Findings from the current study therefore add to the accumulating evidence of beneficial effects of CP group prenatal care, even among participants with preterm or low-birth weight outcomes. Despite these promising findings, and as noted in a recent systematic review [25], limited research exists on the underlying mechanisms behind these effects. Because we could not collect process data on how prenatal care was delivered at each site, and due to limited antepartum data related to maternal behaviors, we were unable to examine the mechanisms by which CP yields beneficial effects on birth outcomes. The logic model of CP prenatal care suggests that the personalized care, participatory feedback, and social support involved in CP may yield beneficial maternal and infant effects, but how those mechanisms actually operate is unclear. For instance, personalized care may improve adherence to care and promote healthy group norms that lead to maternal lifestyle changes (e.g., improved diet, exercise, smoking cessation, abstinence from alcohol/drugs, healthy gestational weight gain), which may in turn lead to longer gestational ages and higher birth weight. Increased social support may also improve mental and physical health, particularly among women under stress [4, 26, 27]. Although we are unaware of any research that has explicitly examined the causal pathways by which CP may lead to improved birth outcomes, prior studies have indicated that women in CP have higher levels of satisfaction with prenatal care, better knowledge about pregnancy and infant care, and receive more adequate prenatal care than women in traditional individually delivered care—all factors that might contribute to the beneficial effects observed in the current study [5, 8, 28, 29]. More research is therefore needed to examine causal pathways to identify the mechanisms by which CP may affect infant and maternal health outcomes; such knowledge could be used to identify key kernels or components of care that might be adopted in other prenatal care settings.
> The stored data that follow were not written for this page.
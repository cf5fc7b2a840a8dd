//! The next moves of a thread.
ghost use Rattle.std.specs.Prelude.{◌≡◌, [], ◌∷◌, ◌++◌, map, option_map, false, None, IfOk, IfSome};
ghost use Rattle.mbe_rules.specs.Items.{Items, may_skip};
ghost use Rattle.mbe_rules.specs.Ops.{items_of, put_op, separator_of};
ghost use Rattle.mbe_matcher.specs.Fragments.{taken};
ghost use Rattle.mbe_matcher.specs.Grammar.{Grammar};
ghost use Rattle.mbe_matcher.specs.Paths.{when};
ghost use Rattle.mbe_matcher.specs.Places.{place_of, place_after};
ghost use Rattle.mbe_matcher.specs.Readings as r;
ghost use Rattle.mbe_matcher.specs.Units as u;
ghost use Rattle.mbe_matcher.specs.Threads.{state_of, frame_of, frames_in, frames_of, move_of};
ghost use Rattle.mbe_matcher.specs.Threads.{moves_of, made_of, given, extended, between_of};
ghost use Rattle.mbe_matcher.specs.Threads.{repetition_of, is_some_taken, is_trees};
ghost use Rattle.mbe_matcher.specs.Steps.{is_unit_here, is_repetition, is_round, may_go_on};
ghost use Rattle.mbe_matcher.specs.Steps.{further};
ghost use Rattle.mbe_matcher.specs.declared.thread.Frame.TheVariants.{InRound};

use crate::fragments::fragment_trees;
use crate::position::{Consumed, Place, before};
use crate::thread::{Entry, Frame, Move, Round, Rung, Thread, inside};
use bumpalo::Bump;
use fragment_grammar::FragmentGrammar;
use mbe_rules::{MetaVarKind, Op, RepeatKind, Separator};
use std::alloc::AllocError;
use symbols::Symbol;
use tt::DelimiterKind;

/// A thread after one more move, and what that move consumes.
#[derive(Clone, Copy, Drop)]
pub struct Choice<'a> {
    pub thread: Thread<'a>,
    pub taken: Option<Consumed>,
}
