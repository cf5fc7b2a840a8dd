//! Values with an optional error.
use mbe_rules::laws::equal_value_results;
use mbe_rules::{CountError, ExpandError, ExpandErrorKind, ExpandResult, ValueResult};
use std::alloc::Global;
use std::test::Fail;
use symbols::TtFault;
use tt_data::{Span, SyntaxContext, TextRange};

fn next(value: u8) -> u16 {
    u16::from(value) + 1
}

fn told(error: CountError) -> ExpandErrorKind {
    match error {
        CountError::OutOfBounds => ExpandErrorKind::LeftoverTokens,
        CountError::Misplaced => ExpandErrorKind::LimitExceeded,
    }
}

// The calls that change a value or an error.
fn changed() -> bool {
    let held: ValueResult<u8, CountError> = ValueResult::new(7, CountError::Misplaced);
    let pair = held.map(next).map_err(told).zip_val('x');
    pair == ValueResult::new((8, 'x'), ExpandErrorKind::LimitExceeded)
}

// The calls that make one, and those that take it apart.
fn made(alloc: Global) -> Result<bool, TtFault> {
    let held: ValueResult<u8, CountError> = ValueResult::new(7, CountError::Misplaced);
    let copy = held.clone()?;
    let seen = held.as_ref()?;
    let same = *seen.value == 7 && seen.err == copy.err;
    let told = format!(in alloc; "{copy:?}")?;
    Ok(
        same && told.as_str().contains("Misplaced")
            && copy.result() == Err(CountError::Misplaced)
            && ValueResult::<u8, CountError>::ok(7).result() == Ok(7),
    )
}

// The calls that take a default value.
fn by_default() -> bool {
    let none: ValueResult<u8, CountError> = ValueResult::default();
    let only = ValueResult::<u8, CountError>::only_err(CountError::OutOfBounds);
    none == ValueResult::from(Ok(0)) && only == ValueResult::from(Err(CountError::OutOfBounds))
}

// The value and the error of an expansion's answer, of which neither call is ever refused: the check proves it.
fn never_refused(held: &ExpandResult<u8>) -> bool {
    let Ok(seen) = held.as_ref() else {
        unreachable!();
    };
    let Ok(copy) = held.clone() else {
        unreachable!();
    };
    *seen.value == copy.value && seen.err == copy.err
}

// An error with a place, of which many owners come and go.
fn with_owners(alloc: Global) -> Result<bool, TtFault> {
    let span = Span {
        range: TextRange { start: 1, end: 2 },
        anchor: 3,
        ctx: SyntaxContext::Made,
    };
    let error = ExpandError::new(alloc, span, ExpandErrorKind::LeftoverTokens)?;
    let held: ExpandResult<u8> = ValueResult::new(7, error);
    let mut same = true;
    for _ in 0..1000 {
        same = same && never_refused(&held);
    }
    Ok(same)
}

#[test]
fn answer(rt: HostRuntime) -> Result<(), Fail> {
    equal_value_results::<u8, CountError>();
    assert!(rt; changed());
    assert!(rt; made(rt.alloc())?);
    assert!(rt; by_default());
    assert!(rt; with_owners(rt.alloc())?);
    Ok(())
}
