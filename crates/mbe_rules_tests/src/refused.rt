//! Definitions that are parsed and copied, and errors: for runs in which one request for memory is
//! refused.
use crate::parsing::{at_2024, has};
use crate::trees::tree;
use mbe_rules::{
    ExpandError, ExpandErrorKind, Rules, ValueResult, parse_macro_rules, parse_macro2,
};
use std::alloc::{AllocError, Global};
use std::test::Fail;
use symbols::{Symbol, TtFault};
use tt::TopSubtree;
use tt_data::Span;

// A definition, whether it is by the word `macro`, how many rules it has, and the fault.
const ROWS: [(&str, bool, usize, &str); 4] = [
    (
        "unsafe attr(a r#b) ({$x:expr} 'q 1.5 += $($y:ident $z:vis),* $(a)+) => { $x ${count($y)} $( ${concat(a, $y)} ${index()} ${ignore($z)} $y )* 'q $$ ${len()} };",
        false,
        1,
        "",
    ),
    ("(a) => {b} (c) => {d}", false, 1, "expected `;`"),
    ("($($($v:vis),+)*) => {}", false, 1, "empty round"),
    ("(a) => {b}, (c) => {d}; (e) => {f}", true, 3, ""),
];

// The rules of a body, by `macro_rules!` or by `macro`. A refused call is made once more.
fn parsed(alloc: Global, is_word: bool, body: &TopSubtree) -> Result<Rules, TtFault> {
    if is_word {
        return match parse_macro2(alloc, None, body, at_2024) {
            Err(TtFault::Memory) => parse_macro2(alloc, None, body, at_2024),
            answer => answer,
        };
    }
    match parse_macro_rules(alloc, body, at_2024) {
        Err(TtFault::Memory) => parse_macro_rules(alloc, body, at_2024),
        answer => answer,
    }
}

// The rules of a body that is parsed twice. At least one of the two has no refused call, and they
// have to be equal.
fn same_twice(alloc: Global, is_word: bool, body: &TopSubtree) -> Result<Rules, Fail> {
    let first = parsed(alloc, is_word, body)?;
    if first == parsed(alloc, is_word, body)? {
        Ok(first)
    } else {
        Err(Fail::new("a refused call changes the rules"))
    }
}

// Whether copies of the rules are equal to them. Each refused call is made once more.
fn have_copies(alloc: Global, rules: &Rules) -> Result<bool, AllocError> {
    for rule in &rules.list {
        let copy = match rule.try_clone(alloc) {
            Ok(copy) => copy,
            Err(_) => rule.try_clone(alloc)?,
        };
        if copy != *rule {
            return Ok(false);
        }
    }
    Ok(true)
}

// An equal copy. A refused call is made once more.
fn copied(alloc: Global, rules: &Rules) -> Result<Rules, AllocError> {
    match rules.try_clone(alloc) {
        Ok(copy) => Ok(copy),
        Err(_) => rules.try_clone(alloc),
    }
}

// The copy of the rules of a definition. All copies have to be equal to them.
fn copy_of(alloc: Global, text: &str, is_word: bool) -> Result<Rules, Fail> {
    let rules = same_twice(alloc, is_word, &tree(alloc, text)?)?;
    let copy = copied(alloc, &rules)?;
    if copy == rules && have_copies(alloc, &rules)? {
        return Ok(copy);
    }
    Err(Fail::new("a copy differs"))
}

#[test]
fn refused_rules(rt: HostRuntime) -> Result<(), Fail> {
    for (text, is_word, count, fault) in &ROWS {
        assert!(rt;
            has(&copy_of(rt.alloc(), text, *is_word)?, *count, fault),
            "{text}"
        );
    }
    Ok(())
}

// An error with a text. A refused call is made once more.
fn error(alloc: Global) -> Result<ExpandError, TtFault> {
    let text = match Symbol::new(alloc, "x") {
        Err(TtFault::Memory) => Symbol::new(alloc, "x")?,
        answer => answer?,
    };
    let kind = ExpandErrorKind::BindingError(text.clone()?);
    match ExpandError::new(alloc, Span::default(), kind) {
        Err(TtFault::Memory) => {
            ExpandError::new(alloc, Span::default(), ExpandErrorKind::BindingError(text))
        }
        answer => answer,
    }
}

// Whether a result's reference and its copy are equal to it. Each refused call is made once more.
fn seen(held: &ValueResult<u8, ExpandError>) -> Result<bool, TtFault> {
    let copy = match held.clone() {
        Err(TtFault::Memory) => held.clone()?,
        answer => answer?,
    };
    let seen = match held.as_ref() {
        Err(TtFault::Memory) => held.as_ref()?,
        answer => answer?,
    };
    Ok(*seen.value == 7 && seen.err == copy.err && copy.err == held.err && copy.value == 7)
}

#[test]
fn refused_errors(rt: HostRuntime) -> Result<(), Fail> {
    let held = ValueResult::new(7, error(rt.alloc())?);
    assert!(rt; seen(&held)?);
    Ok(())
}
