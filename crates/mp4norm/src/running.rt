//! The program over whatever it reads and writes: what it answers, and with which status it ends.
//! The shell adds names, descriptors, clocks, and what is said beside an answer.
ghost use Rattle.std.specs.Prelude.{◌≡◌, [], ◌∷◌, ◌++◌, Bool, true, false, IfErr, MatchResult, OnErr, OnOk};
ghost use Rattle.std.specs.Process.{exit_status};
ghost use Rattle.mp4_store.specs.words.Device.{HasRisen, TakesPrefix};
ghost use Rattle.mp4_present.specs.words.StoresRead.{OnlyReads, WhereHonest, WhereRead};
ghost use Rattle.mp4_answers.specs.format.Sums.{Summed};
ghost use Rattle.mp4_answers.specs.format.Run.{KeepsFile, look_of};
ghost use Rattle.mp4_answers.specs.format.Texts.{fault_line};
ghost use Rattle.mp4_answers.specs.format.Verdicts.{verdict_status};
ghost use Rattle.mp4_answers.specs.words.WholePut.{JobPutsWhole};
ghost use Rattle.mp4norm.specs.format.Runs.{comparison_status, is_of_file, refusal_text, EndsJob, FitsIn, HasChanged, IsFound, IsMeasured, IsNoLonger, IsSettled, RefusesMeasure, RefusesOpening, RefusesOutlet, Says};

use crate::shell::action::Finding;
use mp4_answers::commands::answer_len::text_len;
use mp4_answers::commands::check::check_counted;
use mp4_answers::commands::compare::Failure;
use mp4_answers::commands::perform::perform;
use mp4_answers::commands::sum::{sum_bytes, sum_file};
use mp4_answers::digests::DIGEST;
use mp4_answers::jobs::Job;
use mp4_answers::selection::Selection;
use mp4_answers::text::fault_text::{fault_line, status};
use mp4_answers::text::sum_lines::SumOf;
use mp4_answers::text::verdicts::verdict_status;
use mp4_boxes::{Refusal, Steps};
use mp4_content::Without;
use mp4_store::{Sink, Store, WriteFailed};
use std::alloc::Global;
use std::process::ExitCode;
use std::sync::ledger::Ledger;

/// What is read, of which it can be told whether it is as it was when it was opened.
pub(crate) trait KeptStore: Store {
    /// It may be another by now.
    ghost may_change: { Self → Bool };

    /// Whether it is as it was; a failure where it isn't, or where that can't be told.
    fn stays(&self) -> Result<(), Refusal>
        ensures { IfErr result (HasChanged (may_change self.now)) };

    /// Whether a failed read may come from a change.
    fn fails_by_change(&self) -> bool;
}

/// Where an answer goes: opened before the first byte, and closed behind the last one. Neither puts
/// anything.
pub(crate) trait Outlet: Sink {
    /// It may fail to open or to close.
    ghost may_fail: { Self → Bool };

    /// It was opened, and neither closed nor given up.
    ghost is_open: { Self → Bool };

    /// It was closed, and what it has is kept.
    ghost is_closed: { Self → Bool };

    /// Whether it is to be told how many bytes come.
    fn asks_length(&self) -> bool;

    /// Opens it, with so many bytes to come, where that is known.
    fn open(&mut self, len: Option<u64>) -> Result<(), Refusal>
        ensures nothing { Self.takes self.old self.new [] }
        ensures open { MatchResult result (λ _. is_open self.new ≡ true)
            (λ _. is_open self.new ≡ false) }
        ensures closed { is_closed self.new ≡ false }
        ensures refusal { IfErr result (RefusesOutlet (may_fail self.new)) };

    /// Keeps for what is said that the answer has more bytes than it may.
    fn note_length(&mut self, most: u64)
        ensures nothing { Self.takes self.old self.new [] }
        ensures open { is_open self.new ≡ is_open self.old }
        ensures closed { is_closed self.new ≡ is_closed self.old };

    /// Closes it, with the whole answer in it.
    fn close(&mut self) -> Result<(), Refusal>
        ensures nothing { Self.takes self.old self.new [] }
        ensures open { is_open self.new ≡ false }
        ensures closed { MatchResult result (λ _. is_closed self.new ≡ true)
            (λ _. is_closed self.new ≡ false) }
        ensures refusal { IfErr result (RefusesOutlet (may_fail self.new)) };

    /// Gives it up, since there is no answer.
    fn give_up(&mut self)
        ensures nothing { Self.takes self.old self.new [] }
        ensures open { is_open self.new ≡ false }
        ensures closed { is_closed self.new ≡ false };
}

/// Whether a refusal says something of the file, and not of what failed.
pub(crate) fn is_of_file(refusal: &Refusal) -> bool
    ensures { result ≡ is_of_file refusal.now }
{
    matches!(refusal, Refusal::Fault(_) | Refusal::NoSuchTrack)
}

// Whether an answer stands only if what was read is as it was.
fn asks_again<S: KeptStore, T>(store: &S, answer: &Result<T, Refusal>) -> bool {
    match answer {
        Ok(_) => true,
        Err(Refusal::StoreFailed) => store.fails_by_change(),
        Err(refusal) => is_of_file(refusal),
    }
}

/// An answer that says something of the file, if the file is still as it was; else that it has
/// changed. A failure stays as it is.
pub(crate) fn settled<S: KeptStore, T: Drop>(
    store: &S,
    answer: Result<T, Refusal>,
) -> Result<T, Refusal>
    ensures { IsSettled (S.may_change store.now) answer result }
{
    if asks_again(store, &answer) {
        store.stays()?;
    }
    answer
}

// How many bytes the text has, where that is to be told, or may be too many.
fn measured<S: KeptStore, L: Ledger, M: Ledger>(
    alloc: Global,
    job: Job,
    most: Option<u64>,
    is_told: bool,
    store: &mut S,
    steps: &mut Steps<L, M>,
) -> Result<Option<u64>, Refusal>
    ensures store { OnlyReads S.Store store.old store.new result }
    ensures length { WhereRead S.Store store.old result (IsMeasured most job.entry) }
    ensures refusal { IfErr result
        (RefusesMeasure S.Store (S.may_change store.new) job.entry store.old store.new) }
{
    if most.is_none() && !is_told {
        return Ok(None);
    }
    let total = text_len(alloc, job, store, steps);
    let total = settled(store, total)?;
    Ok(Some(total))
}

// Opens where the answer goes, unless that has more bytes than it may.
fn open_for<K: Outlet>(out: &mut K, len: Option<u64>, most: Option<u64>) -> Result<(), Refusal>
    ensures nothing { K.takes out.old out.new [] }
    ensures short { OnOk result (IsNoLonger len most) }
    ensures open { OnErr result (K.is_open out.new ≡ true → K.is_open out.old ≡ true) }
    ensures closed { OnErr result (K.is_closed out.new ≡ true → K.is_closed out.old ≡ true) }
    ensures refusal { IfErr result (RefusesOpening len most (K.may_fail out.new)) }
{
    if let (Some(len), Some(most)) = (len, most)
        && len > most
    {
        out.note_length(most);
        return Err(Refusal::WriteFailed);
    }
    out.open(len)
}

/// Does a job: measures its text, where that is asked for, opens what is written, does the job,
/// looks whether what was read has changed, and closes what was written: that stays only where the
/// whole answer is in it, and is given up else. No text is put that has more bytes than `most`, and
/// such a text alone is refused for its length.
pub(crate) fn run_job<S: KeptStore, K: Outlet, L: Ledger, M: Ledger>(
    alloc: Global,
    job: Job,
    most: Option<u64>,
    store: &mut S,
    out: &mut K,
    steps: &mut Steps<L, M>,
) -> Result<(), Refusal>
    ensures store { KeepsFile S.Store store.old store.new }
    ensures answer { EndsJob S.Store K.Sink most (S.may_change store.new) (K.may_fail out.new)
        job.entry store.old store.new out.old out.new result }
    ensures whole { OnOk result (JobPutsWhole job.entry (K.takes out.old out.new)) }
    ensures short { OnOk result (WhereHonest S.Store store.old (FitsIn most job.entry)) }
    ensures open { K.is_open out.new ≡ true → K.is_open out.old ≡ true }
    ensures closed { MatchResult result (λ _. K.is_closed out.new ≡ true)
        (λ _. K.is_closed out.new ≡ true → K.is_closed out.old ≡ true) }
{
    let is_told = out.asks_length();
    let len = measured(alloc, job, most, is_told, store, steps)?;
    open_for(out, len, most)?;
    let answer = perform(alloc, job, store, out, steps);
    match settled(store, answer) {
        Ok(()) => out.close(),
        Err(refusal) => {
            out.give_up();
            Err(refusal)
        }
    }
}

// Puts the line of a refusal.
fn put_refusal<E: Sink>(errors: &mut E, refusal: &Refusal) -> Result<(), WriteFailed>
    ensures line { TakesPrefix (E.takes errors.old errors.new)
        (fault_line refusal.now ++ 10 ∷ []) }
    ensures whole { OnOk result
        (E.takes errors.old errors.new (fault_line refusal.now ++ 10 ∷ [])) }
    ensures cause { OnErr result
        (HasRisen (E.put_failures errors.old) (E.put_failures errors.new)) }
{
    errors.put(fault_line(refusal).as_bytes())?;
    errors.put(b"\n")
}

/// Says why there is no answer, in a line, as far as that can be put, and gives the status that the
/// program ends with.
pub(crate) fn ended<E: Sink>(errors: &mut E, answer: &Result<(), Refusal>) -> ExitCode
    ensures status { exit_status result ≡ verdict_status answer.now }
    ensures line { TakesPrefix (E.takes errors.old errors.new) (refusal_text answer.now) }
    ensures said { Says (E.takes errors.old errors.new) (refusal_text answer.now)
        (E.put_failures errors.old) (E.put_failures errors.new) }
{
    if let Err(refusal) = answer {
        let _ = put_refusal(errors, refusal);
    }
    ExitCode::from(verdict_status(answer))
}

/// What was found of a file: its sum, where that was asked for, or that it is accepted.
pub(crate) type FoundSum = Result<Option<[u8; DIGEST]>, Refusal>;

// The sum of what is left of a file, or of its track with this ID alone.
fn form_sum<S: Store, L: Ledger, M: Ledger>(
    alloc: Global,
    track: Option<u32>,
    leaving: Without,
    store: &mut S,
    steps: &mut Steps<L, M>,
) -> Result<[u8; DIGEST], Refusal>
    ensures store { KeepsFile S.Store store.old store.new }
    ensures answer { Summed (record { track = track; leaving = leaving })
        (look_of S.Store store.old store.new) result }
{
    let selection = Selection { track, leaving };
    sum_file(alloc, store, selection, steps)
}

/// Finds what is asked for of what is read.
pub(crate) fn find<S: Store, L: Ledger, M: Ledger>(
    alloc: Global,
    finding: Finding,
    store: &mut S,
    steps: &mut Steps<L, M>,
) -> FoundSum
    ensures store { KeepsFile S.Store store.old store.new }
    ensures answer { IsFound finding (look_of S.Store store.old store.new) result }
{
    match finding {
        Finding::Verdict => {
            check_counted(alloc, store, steps)?;
            Ok(None)
        }
        Finding::Sum {
            what: SumOf::Form(leaving),
            track,
            ..
        } => {
            let digest = form_sum(alloc, track, leaving, store, steps)?;
            Ok(Some(digest))
        }
        Finding::Sum {
            what: SumOf::Bytes,
            ..
        } => {
            let digest = sum_bytes(alloc, store)?;
            Ok(Some(digest))
        }
    }
}

/// The status of what was found of a file.
pub(crate) fn found_status(found: &FoundSum) -> u8
    ensures { result ≡ verdict_status found.now }
{
    match found {
        Ok(_) => 0,
        Err(refusal) => status(refusal),
    }
}

/// The status where two files differ, or one has another sum than it should.
pub(crate) const DIFFER: u8 = 5;

/// The status of a comparison: whether the files are the same, or why that isn't known.
pub(crate) fn comparison_status(answer: &Result<bool, Failure>) -> u8
    ensures { result ≡ comparison_status answer.now }
{
    match answer {
        Ok(true) => 0,
        Ok(false) => DIFFER,
        Err(failure) => status(&failure.refusal),
    }
}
Health policy reforms aimed at reducing adverse birth outcomes may consider group prenatal care a promising alternative format for delivering prenatal care. Widespread adoption in clinical settings may be premature, however, until more research has examined why group prenatal care may have beneficial effects, for what client populations those effects are strongest/weakest, and the cost and cost-effectiveness of different formats of prenatal care. Whereas some studies have found that delivering prenatal care in group versus individual formats is cost neutral [5], others have suggested that group care may offer financial advantages in larger facilities with adequate patient volumes, but may not be cost effective and may adversely affect productivity in small, rural facilities [30]. Thus, more research is needed to examine the costs associated with different prenatal care delivery models across diverse healthcare settings, and subsequent implications for proposed health policy reforms. Given the accumulating evidence of beneficial effects of CP group prenatal care, understanding the mechanisms behind such effects and the cost implications of widespread implementation will be critical for informing state and local health policies aimed at improving maternal and perinatal health outcomes.